2022年10月の第20回党大会で、習近平は方針を一変させたのだ。鄧小平の改革開放から、毛沢東の共産主義への回帰。習近平は、経済的豊かさより共産主義的な秩序を優先させたのである。それは習近平の「共同富裕」にも表れている。「共同」は「平等」を意味し、共産主義的発想である。

■文化大革命が残したもの

文化大革命は中国に深い傷を残した。

資本主義・実権派が右翼と批判され、裕福な人たちがブルジョアと蔑まれ、大衆の前で晒し者にされたのである。命を落とした者もいた。文化大革命の犠牲者は、死者40万人、被害者1億人と推定されている。
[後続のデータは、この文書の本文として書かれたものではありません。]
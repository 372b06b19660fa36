//! A seated call between lock and unlock.
ghost use Rattle.shard_pool.specs.Lines.{IsOfShard};
ghost use Rattle.shard_pool.specs.Seated.{Called};

use crate::gate::Gate;
use crate::lane::Lane;
use crate::locked::Locked;
use crate::locking::lock_of;
use crate::part::Part;
use crate::reply::{PoolFault, Reply};
use crate::tried::{Tried, lent_tried};
use std::alloc::Global;
use std::sync::{Mutex, Wait};
use tracker_shard::SeatCall;

/// A call behind its shard's lock, with the gate around it: a lent one, which makes room where it lacks some. The room for its
/// receipt is taken before the lock, so that it is held no longer for that.
#[tactic(auto, using(crate::proofs::Calls::called))]
pub fn locked_call<G: Gate, L: Lane, R: Wait, C: SeatCall>(
    rt: &R,
    alloc: Global,
    gate: &G,
    shard: &Mutex<Locked<L>>,
    part: &mut Part<L>,
    call: &C,
) -> Tried<Result<Reply<C::Answer>, PoolFault>>
    ensures { Called (IsOfShard L.node L.begins) (C.there call.now) part.old part.new (C.step call.now)
        (C.gives call.now) result.answer }
{
    gate.before(part.seat(), part.shard());
    // Where there is no memory for it the call finds that once more.
    let _room = part.make_room();
    let mut guard = lock_of(rt, shard);
    gate.inside(part.seat(), part.shard());
    let tried = lent_tried(alloc, &mut *guard, part, call);
    drop(guard);
    gate.after(part.seat(), part.shard());
    tried
}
その文化大革命を推進した四人組も、哀れな最期をとげた。

江青は、死刑判決を受けたが、後に無期に減刑。最後まで非を認めず、毛沢東を讃えながら、1991年、自ら命を絶った。やったことの是非はさておき、筋の通った人生だ。

張春橋は、無期懲役の判決を受け、仮出所後、2005年4月に病死した。姚文元は、懲役20年の判決をうけ、2005年12月に病死。王洪文は、終身刑の判決を受け、1992年8月、獄中で病死した。

結局、大躍進、文化大革命の最終勝者は鄧小平だった。

鄧小平の人生は、戦国時代の徳川家康に酷似している。巨人たちに囲まれ、身動きできず、何度も危ない目にあいながら、しぶとく生き残った。そして、最後の最後で、勝利をかたどったトロフィーを手にしたのである。

鄧小平は、共産主義よりプラグマティズム(実用主義)を好むリアリストだった。つねに冷静で、現実を受け入れながら、問題解決に集中する。何度失脚しても、首の皮一枚でつながって、復活する。おきあがりこぶし、不倒翁とよばれるゆえんだ。

その鄧小平も、1997年2月19日、この世を去った。鉄人だろうが、超人だろうが、凡人だろうが、「人」は必ず死ぬ。これが世の定めだなのだ。

その後、中国の最高権力は、江沢民、胡錦濤、習近平へと禅譲されていく。彼らに共通するのは、14億人の競争を勝ち抜いた実力者であること。だから中国は強いのである。

いつの日か、日本もそうなることを願っている。だが、我々庶民にできることは限られている。

どうする庶民?

みんなで投票に行こう。おバカな議員を当選させないために。